Word for word, restate the entries below from their first line through the line that contains "length self.old.list <".

------------------------------------------------------------------------

//! A number that only proofs read.
ghost use Rattle.std.specs.Prelude.{◌≡◌, ℕ, ◌+◌};
ghost use Rattle.std.specs.Borrow.{ftrue};

use std::marker::{Model, PhantomData};

/// A number of steps. It has no bytes, and its methods do nothing at run time.
#[derive(Drop)]
pub(crate) struct Taken {
    of: PhantomData<()>,
    pub(crate) ghost number: { ℕ },
}

impl Model for Taken {
    ghost also_owns = { λ _. ftrue };
}

impl Taken {
    /// No step.
    pub(crate) fn none() -> Taken
        ensures { result.number ≡ 0 }
    {
        Taken { of: PhantomData }
    }

    /// One step more.
    pub(crate) fn next(&self) -> Taken
        ensures { result.number ≡ self.now.number + 1 }
    {
        Taken { of: PhantomData }
    }
}
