//! A list of keys with a fixed room, so that adding a key takes no memory.
ghost use Rattle.std.specs.Prelude.{◌≡◌, ◌<◌, ◌≤◌, ◌+◌, ◌==◌, [], ◌∷◌, length, slice_get, Some, IfOk};
ghost use Rattle.std.specs.Option.{option_to_list};
ghost use Rattle.rule_core.specs.Keys.{with_keys};

use std::alloc::{AllocError, Global};
use std::marker::Model;

/// A list of keys of a rule's entries, and the number of keys that there is room for.
#[derive(Drop)]
pub struct Keys {
    keys: Vec<usize>,
    room: usize,
}

impl Model for Keys {
    ghost use Rattle.std.specs.Prelude.{◌≤◌, vec_len, vec_capacity};
    ghost use Rattle.rule_core.specs.Keys.{KeyList};

    ghost Value = { KeyList };

    ghost view = { λ k. record { list = k.keys.items; room = k.room } };

    ghost invariant = { λ k. (vec_len k.keys ≤ k.room) × (k.room ≤ vec_capacity k.keys) };
}

impl Keys {
    /// An empty list with room for so many keys.
    ///
    /// # Errors
    /// Only where memory runs out.
    pub fn new(alloc: Global, room: usize) -> Result<Keys, AllocError>
        ensures { IfOk result (λ keys. keys ≡ record { list = []; room = room }) }
    {
        Ok(Keys {
            keys: Vec::with_capacity(alloc, room)?,
            room,
        })
    }

    /// Takes out all keys.
    pub fn clear(&mut self)
        ensures { self.new ≡ record { list = []; room = self.old.room } }
    {
        self.keys.clear();
    }

    /// Adds a key at the end, where there is room. It takes no memory.
    pub fn push(&mut self, key: usize)
        requires { length self.old.list < self.old.room }
        ensures { self.new ≡ with_keys self.old (key ∷ []) }
    {
        self.keys.push_reserved(key);
    }

    /// Adds a key, if there is one. It takes no memory.
    pub(crate) fn push_some(&mut self, key: Option<usize>)
        requires { length self.old.list + 1 ≤ self.old.room }
        ensures { self.new ≡ with_keys self.old (option_to_list key) }
    {
        if let Some(key) = key {
            self.push(key);
        }
    }

    /// The number of keys.
    pub fn len(&self) -> usize
        ensures { result ≡ length self.now.list }
    {
        self.keys.len()
    }

    /// Whether there is no key.
    pub fn is_empty(&self) -> bool
        ensures { result ≡ (length self.now.list == 0) }
    {
        self.keys.is_empty()
    }

    /// The key at place k, from 0.
    pub fn get(&self, k: usize) -> usize
        requires { k < length self.now.list }
        ensures { slice_get self.now.list k ≡ Some result }
    {
        self.keys[k]
    }
}
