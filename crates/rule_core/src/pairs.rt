//! The pairs of some teams, each with its key.
ghost use Rattle.std.specs.Prelude.{◌≡◌, ◌<◌, ◌≤◌, ◌≢◌, ◌+◌, ◌-◌, ◌++◌, ◌==◌, length, map, slice_get, slice_index};
ghost use Rattle.std.specs.Prelude.{Some, IsTrue, IfOk, OnOk};
ghost use Rattle.std.specs.List.{All};
ghost use Rattle.std.specs.Ordering.{nat_cmp};
ghost use Rattle.league.specs.Instance.{are_teams};
ghost use Rattle.league.specs.Meetings.{pairs_of};
ghost use Rattle.league.specs.Sets.{IsAscending};
ghost use Rattle.rule_core.specs.KeptPairs.{key_at};
ghost use Rattle.rule_core.specs.Keys.{with_keys};
ghost use Rattle.rule_core.specs.Pairs.{key_between, keys_with};

use crate::keys::Keys;
use crate::listed::Listed;
use league::{TeamId, TeamSet};
use std::alloc::{AllocError, Global};
use std::marker::Model;

/// Each two of some teams once, the smaller first, in order of the first and then of the second. A pair's key is its
/// place.
///
/// A contract sees it as the ascending list of the teams.
#[derive(Drop)]
pub struct Pairs {
    teams: Listed,
    pairs: Vec<(u16, u16)>,
}

impl Model for Pairs {
    ghost use Rattle.std.specs.Prelude.{ℕ, List};
    ghost use Rattle.rule_core.specs.KeptPairs.{ArePairs};

    ghost Value = { List ℕ };

    ghost view = { λ p. p.teams };

    ghost invariant = { λ p. ArePairs p.teams p.pairs.items };
}

impl Pairs {
    /// The pairs of some teams of a league of n teams.
    ///
    /// # Errors
    /// Only where memory runs out.
    pub fn of_teams(alloc: Global, n: u16, teams: &TeamSet) -> Result<Pairs, AllocError>
        requires at_most { n ≤ 40 }
        requires teams { IsTrue (are_teams n teams.now) }
        ensures { IfOk result (λ pairs. pairs ≡ teams.now) }
    {
        Pairs::of(alloc, teams.numbers())
    }

    /// The pairs of teams with these numbers.
    fn of(alloc: Global, teams: &[u16]) -> Result<Pairs, AllocError>
        requires ascending { IsAscending nat_cmp teams.now }
        requires below { All (λ t. t < 78) teams.now }
        ensures { IfOk result (λ pairs. pairs ≡ teams.now) }
    {
        Ok(Pairs {
            teams: Listed::of(alloc, teams)?,
            pairs: list_pairs(alloc, teams)?,
        })
    }

    /// The teams, in ascending order.
    pub fn teams(&self) -> &[u16]
        ensures { result.now ≡ self.now }
    {
        self.teams.numbers()
    }

    /// The number of teams.
    pub fn team_count(&self) -> usize
        ensures { result ≡ length self.now }
    {
        self.teams.len()
    }

    /// The number of pairs. Their keys are the numbers below it.
    pub fn len(&self) -> usize
        ensures { result ≡ length (pairs_of self.now) }
    {
        self.pairs.len()
    }

    /// Whether there is no pair.
    pub fn is_empty(&self) -> bool
        ensures { result ≡ (length (pairs_of self.now) == 0) }
    {
        self.pairs.is_empty()
    }

    /// The pair of a key. It is one look-up.
    pub fn get(&self, key: usize) -> (TeamId, TeamId)
        requires { key < length (pairs_of self.now) }
        ensures { slice_get (pairs_of self.now) key ≡ Some (result.0.0, result.1.0) }
    {
        let (first, second) = self.pairs[key];
        (TeamId(first), TeamId(second))
    }

    /// Adds the key of the pair of two different teams, in either order, where both are among the teams. It takes no
    /// memory.
    pub fn push_key(&self, one: u16, other: u16, keys: &mut Keys)
        requires differ { one ≢ other }
        requires spare { length keys.old.list + 1 ≤ keys.old.room }
        ensures { keys.new ≡ with_keys keys.old (key_between self.now one other) }
    {
        if let Some(one) = self.teams.key(one) {
            if let Some(other) = self.teams.key(other) {
                keys.push(self.key(one.min(other), one.max(other)));
            }
        }
    }

    /// Adds the keys of all pairs in which a team is, ascending. It takes no memory.
    pub fn push_keys(&self, team: u16, keys: &mut Keys)
        requires { length keys.old.list + (length self.now - 1) ≤ keys.old.room }
        ensures { keys.new ≡ with_keys keys.old (keys_with self.now team) }
    {
        if let Some(place) = self.teams.key(team) {
            self.push_keys_at(place, keys);
        }
    }

    /// Adds the keys of the team at a place with the earlier teams, and then with the later ones.
    fn push_keys_at(&self, place: usize, keys: &mut Keys)
        requires place { place < length self.now }
        requires spare { length keys.old.list + (length self.now - 1) ≤ keys.old.room }
        ensures { keys.new ≡ with_keys keys.old (keys_with self.now (slice_index self.now place)) }
    {
        let count = self.teams.len();
        for first in 0..place {
            keys.push(self.key(first, place));
        }
        for second in place + 1..count {
            keys.push(self.key(place, second));
        }
    }

    /// The key of the teams at two places: those of the last teams, from the first place on, come last.
    fn key(&self, first: usize, second: usize) -> usize
        requires before { first < second }
        requires within { second < length self.now }
        ensures { result ≡ key_at self.now first second }
    {
        let last = self.teams.len() - first;
        self.pairs.len() - last * (last - 1) / 2 + (second - first - 1)
    }
}

/// The pairs of these teams, in order.
fn list_pairs(alloc: Global, teams: &[u16]) -> Result<Vec<(u16, u16)>, AllocError>
    ensures { IfOk result (λ pairs. pairs.items ≡ pairs_of teams.now) }
{
    let mut pairs = Vec::new(alloc);
    for (place, first) in teams.iter().enumerate() {
        push_pairs(*first, &teams[place + 1..], &mut pairs)?;
    }
    Ok(pairs)
}

/// Adds the pairs of a team with each of the later ones.
fn push_pairs(first: u16, later: &[u16], pairs: &mut Vec<(u16, u16)>) -> Result<(), AllocError>
    ensures { OnOk result (pairs.new.items ≡ pairs.old.items ++ map (λ second. (first, second)) later.now) }
{
    for second in later {
        pairs.push((first, *second))?;
    }
    Ok(())
}
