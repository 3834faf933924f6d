//! How far a number is outside of two bounds.
ghost use Rattle.std.specs.Prelude.{◌≡◌};
ghost use Rattle.league.specs.Bounds as bounds;

/// How far a number of games is outside of `min` to `max`: the larger of what it lacks and what it has too much.
pub fn outside(min: u32, max: u32, games: u64) -> u64
    ensures { result ≡ bounds.outside min max games }
{
    let lacking = u64::from(min).saturating_sub(games);
    let beyond = games.saturating_sub(u64::from(max));
    lacking.max(beyond)
}
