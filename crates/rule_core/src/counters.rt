//! Numbers in rows and columns.
ghost use Rattle.std.specs.Prelude.{◌≡◌, ◌≢◌, ℕ, ◌<◌, ◌≤◌, ◌+◌, ◌*◌, ◌^◌, if◌then◌else◌, length, replicate, IfOk};
ghost use Rattle.std.specs.Prelude.{slice_index};
ghost use Rattle.std.specs.Int.{bit_at};
ghost use Rattle.league.specs.Grid.{number};
ghost use Rattle.rule_core.specs.Tables.{AreMarked, IsMark, IsOneMore};

use std::alloc::{AllocError, Global};

/// Rows of so many numbers each, in one list, row by row, and for each row the columns whose number isn't 0, as bits.
#[derive(Drop)]
pub(crate) struct Counters {
    pub(crate) columns: usize,
    pub(crate) numbers: Vec<u32>,
    pub(crate) marks: Vec<u128>,
}

impl Counters {
    /// All numbers are 0.
    pub(crate) fn new(alloc: Global, rows: usize, columns: usize) -> Result<Counters, AllocError>
        requires rows { rows ≤ 40 }
        requires columns { columns ≤ 78 }
        ensures columns { IfOk result (λ counters. counters.columns ≡ columns) }
        ensures numbers { IfOk result (λ counters. counters.numbers.items ≡ replicate (rows * columns) 0) }
        ensures marks { IfOk result (λ counters. counters.marks.items ≡ replicate rows 0) }
    {
        Ok(Counters {
            columns,
            numbers: vec![in alloc; 0; rows * columns]?,
            marks: vec![in alloc; 0; rows]?,
        })
    }

    /// The number in a row and column.
    pub(crate) fn at(&self, row: usize, column: usize) -> u32
        requires column { column < self.now.columns }
        requires place { row * self.now.columns + column < length self.now.numbers.items }
        ensures { result ≡ number self.now.columns self.now.numbers.items row column }
    {
        self.numbers[row * self.columns + column]
    }

    /// The columns of a row whose number isn't 0, as bits.
    pub(crate) fn row_marks(&self, row: usize) -> u128
        requires { row < length self.now.marks.items }
        ensures { result ≡ slice_index self.now.marks.items row }
    {
        self.marks[row]
    }

    /// Adds 1 to a number.
    pub(crate) fn add(&mut self, row: usize, column: usize)
        requires column { column < self.old.columns }
        requires place { row * self.old.columns + column < length self.old.numbers.items }
        requires room { number self.old.columns self.old.numbers.items row column < 4294967295 }
        requires row { row < length self.old.marks.items }
        requires few { self.old.columns ≤ 78 }
        requires marked { AreMarked self.old }
        ensures more { IsOneMore row column self.old self.new }
        ensures marked { AreMarked self.new }
        ensures rows { length self.new.marks.items ≡ length self.old.marks.items }
    {
        self.numbers[row * self.columns + column] += 1;
        self.mark(row, column, true);
    }

    /// Takes 1 from a number.
    pub(crate) fn take(&mut self, row: usize, column: usize)
        requires column { column < self.old.columns }
        requires place { row * self.old.columns + column < length self.old.numbers.items }
        requires there { 0 < number self.old.columns self.old.numbers.items row column }
        requires row { row < length self.old.marks.items }
        requires few { self.old.columns ≤ 78 }
        requires marked { AreMarked self.old }
        ensures less { IsOneMore row column self.new self.old }
        ensures marked { AreMarked self.new }
        ensures rows { length self.new.marks.items ≡ length self.old.marks.items }
    {
        self.numbers[row * self.columns + column] -= 1;
        let left = self.at(row, column);
        self.mark(row, column, left > 0);
    }

    /// Marks a column of a row, or takes its mark away.
    fn mark(&mut self, row: usize, column: usize, there: bool)
        requires row { row < length self.old.marks.items }
        requires column { column < 78 }
        requires small { slice_index self.old.marks.items row < 2 ^ 78 }
        ensures { IsMark row column there self.old self.new }
    {
        self.marks[row] = marked(self.marks[row], column, there);
    }
}

/// The bits with the one of a column, which is or isn't to be set.
fn marked(bits: u128, column: usize, there: bool) -> u128
    requires column { column < 78 }
    requires small { bits < 2 ^ 78 }
    ensures small { result < 2 ^ 78 }
    ensures same { bit_at result column ≡ (if there then 1 else 0) }
    ensures others { (k : ℕ) → k < 78 → k ≢ column → bit_at result k ≡ bit_at bits k }
{
    if there {
        bits | (1 << column)
    } else {
        bits & !(1 << column)
    }
}
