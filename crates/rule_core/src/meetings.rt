//! Some meetings, how often they take place, and whether a meeting is one of them: one look-up in place of a search.
ghost use Rattle.std.specs.Prelude.{◌≡◌, ◌<◌, ◌≤◌, ◌+◌, ◌*◌, length, IfOk, IsTrue};
ghost use Rattle.std.specs.List.{All, list_all, sum_by};
ghost use Rattle.league.specs.Counts.{slot_count};
ghost use Rattle.league.specs.Instance.{are_meetings, is_meeting};
ghost use Rattle.league.specs.Meetings.{games_of};
ghost use Rattle.rule_core.specs.Meetings.{is_listed};
ghost use Rattle.rule_core.specs.Table.{table_counts};

use crate::cells::Cells;
use league::{PairSet, SlotId, TeamId};
use std::alloc::{AllocError, Global};
use std::marker::Model;

/// At most 1600 meetings of a league, seen as the number of teams with the list of the meetings, each a home team and
/// an away team.
#[derive(Drop)]
pub struct Meetings {
    n: u16,
    list: Vec<(u16, u16)>,
    /// Whether each two teams' meeting is in the list, by home team, then away team.
    listed: Vec<bool>,
}

impl Model for Meetings {
    ghost use Rattle.rule_core.specs.KeptMeetings.{AreTabled};
    ghost use Rattle.rule_core.specs.Meetings.{MeetingList};

    ghost Value = { MeetingList };

    ghost view = { λ m. record { n = m.n; list = m.list.items } };

    ghost invariant = { λ m. AreTabled m.n m.list.items m.listed.items };
}

impl Meetings {
    /// A set of meetings of a league of n teams.
    ///
    /// # Errors
    /// Only where memory runs out.
    pub fn of_set(alloc: Global, n: u16, meetings: &PairSet) -> Result<Meetings, AllocError>
        requires at_most { n ≤ 40 }
        requires meetings { IsTrue (are_meetings n meetings.now) }
        ensures { IfOk result (λ made. made ≡ record { n = n; list = meetings.now }) }
    {
        Meetings::of(alloc, n, meetings.numbers())
    }

    /// A list of meetings of a league of n teams.
    ///
    /// # Errors
    /// Only where memory runs out.
    pub fn of(alloc: Global, n: u16, meetings: &[(u16, u16)]) -> Result<Meetings, AllocError>
        requires at_most { n ≤ 40 }
        requires teams { IsTrue (list_all (is_meeting n) meetings.now) }
        requires few { length meetings.now ≤ 1600 }
        ensures { IfOk result (λ made. made ≡ record { n = n; list = meetings.now }) }
    {
        let teams = n as usize;
        let mut listed = vec![in alloc; false; teams * teams]?;
        for (home, away) in meetings {
            listed[row_of(n, TeamId(*home), TeamId(*away))] = true;
        }
        Ok(Meetings {
            n,
            list: Vec::from_slice(alloc, meetings)?,
            listed,
        })
    }

    /// The number of teams of the league.
    pub fn n(&self) -> u16
        ensures { result ≡ self.now.n }
    {
        self.n
    }

    /// Whether the meeting of a home team and an away team is one of these. It is one look-up.
    pub fn has(&self, home: TeamId, away: TeamId) -> bool
        requires home { home.0 < self.now.n }
        requires away { away.0 < self.now.n }
        ensures { result ≡ is_listed self.now.list home.0 away.0 }
    {
        self.listed[row_of(self.n, home, away)]
    }

    /// How many games of these meetings are played in these slots: one look-up for each meeting in each slot.
    pub fn games(&self, cells: &Cells, slots: &[u16]) -> u64
        requires teams { cells.now.n ≡ self.now.n }
        requires slots { All (λ s. s < slot_count self.now.n) slots.now }
        requires few { length slots.now ≤ 78 }
        ensures { result ≡ games_of (table_counts cells.now) self.now.list slots.now }
    {
        let mut games: u64 = 0;
        for (home, away) in &self.list {
            games += games_between(cells, TeamId(*home), TeamId(*away), slots);
        }
        games
    }
}

/// How many games of a home team with an away team are played in these slots.
fn games_between(cells: &Cells, home: TeamId, away: TeamId, slots: &[u16]) -> u64
    requires home { home.0 < cells.now.n }
    requires away { away.0 < cells.now.n }
    requires slots { All (λ s. s < slot_count cells.now.n) slots.now }
    requires few { length slots.now ≤ 78 }
    ensures games { result ≡ sum_by (λ s. table_counts cells.now home.0 away.0 s) slots.now }
    ensures at_most { result ≤ 780000 }
{
    let mut games: u64 = 0;
    for slot in slots {
        games += cells.at(home, away, SlotId(*slot)) as u64;
    }
    games
}

/// The place of the meeting of a home team with an away team, in rows of n.
fn row_of(n: u16, home: TeamId, away: TeamId) -> usize
    ensures { result ≡ home.0 * n + away.0 }
{
    home.0 as usize * n as usize + away.0 as usize
}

------------------------------------------------------------------------

> **Solution to this problem**
//! A number that only proofs read.
ghost use Rattle.std.specs.Prelude.{◌≡◌, ℕ, ◌+◌};
ghost use Rattle.std.specs.Borrow.{ftrue};

use std::marker::{Model, PhantomData};

/// A number of steps. It has no bytes, and its methods do nothing at run time.
#[derive(Drop)]
pub(crate) struct Taken {
    of: PhantomData<()>,
    pub(crate) ghost number: { ℕ },
}

impl Model for Taken {
    ghost also_owns = { λ _. ftrue };
}

impl Taken {
    /// No step.
    pub(crate) fn none() -> Taken
        ensures { result.number ≡ 0 }
    {
        Taken { of: PhantomData }
    }

    /// One step more.
    pub(crate) fn next(&self) -> Taken
        ensures { result.number ≡ self.now.number + 1 }
    {
        Taken { of: PhantomData }
    }
}
//! A list of keys with a fixed room, so that adding a key takes no memory.
ghost use Rattle.std.specs.Prelude.{◌≡◌, ◌<◌, ◌≤◌, ◌+◌, ◌==◌, [], ◌∷◌, length, slice_get, Some, IfOk};
ghost use Rattle.std.specs.Option.{option_to_list};
ghost use Rattle.rule_core.specs.Keys.{with_keys};

use std::alloc::{AllocError, Global};
use std::marker::Model;

/// A list of keys of a rule's entries, and the number of keys that there is room for.
#[derive(Drop)]
pub struct Keys {
    keys: Vec<usize>,
    room: usize,
}

impl Model for Keys {
    ghost use Rattle.std.specs.Prelude.{◌≤◌, vec_len, vec_capacity};
    ghost use Rattle.rule_core.specs.Keys.{KeyList};

    ghost Value = { KeyList };

    ghost view = { λ k. record { list = k.keys.items; room = k.room } };

    ghost invariant = { λ k. (vec_len k.keys ≤ k.room) × (k.room ≤ vec_capacity k.keys) };
}

impl Keys {
    /// An empty list with room for so many keys.
    ///
    /// # Errors
    /// Only where memory runs out.
    pub fn new(alloc: Global, room: usize) -> Result<Keys, AllocError>
        ensures { IfOk result (λ keys. keys ≡ record { list = []; room = room }) }
    {
        Ok(Keys {
            keys: Vec::with_capacity(alloc, room)?,
            room,
        })
    }

    /// Takes out all keys.
    pub fn clear(&mut self)
        ensures { self.new ≡ record { list = []; room = self.old.room } }
    {
        self.keys.clear();
    }

    /// Adds a key at the end, where there is room. It takes no memory.
    pub fn push(&mut self, key: usize)
        requires { length self.old.list < self.old.room }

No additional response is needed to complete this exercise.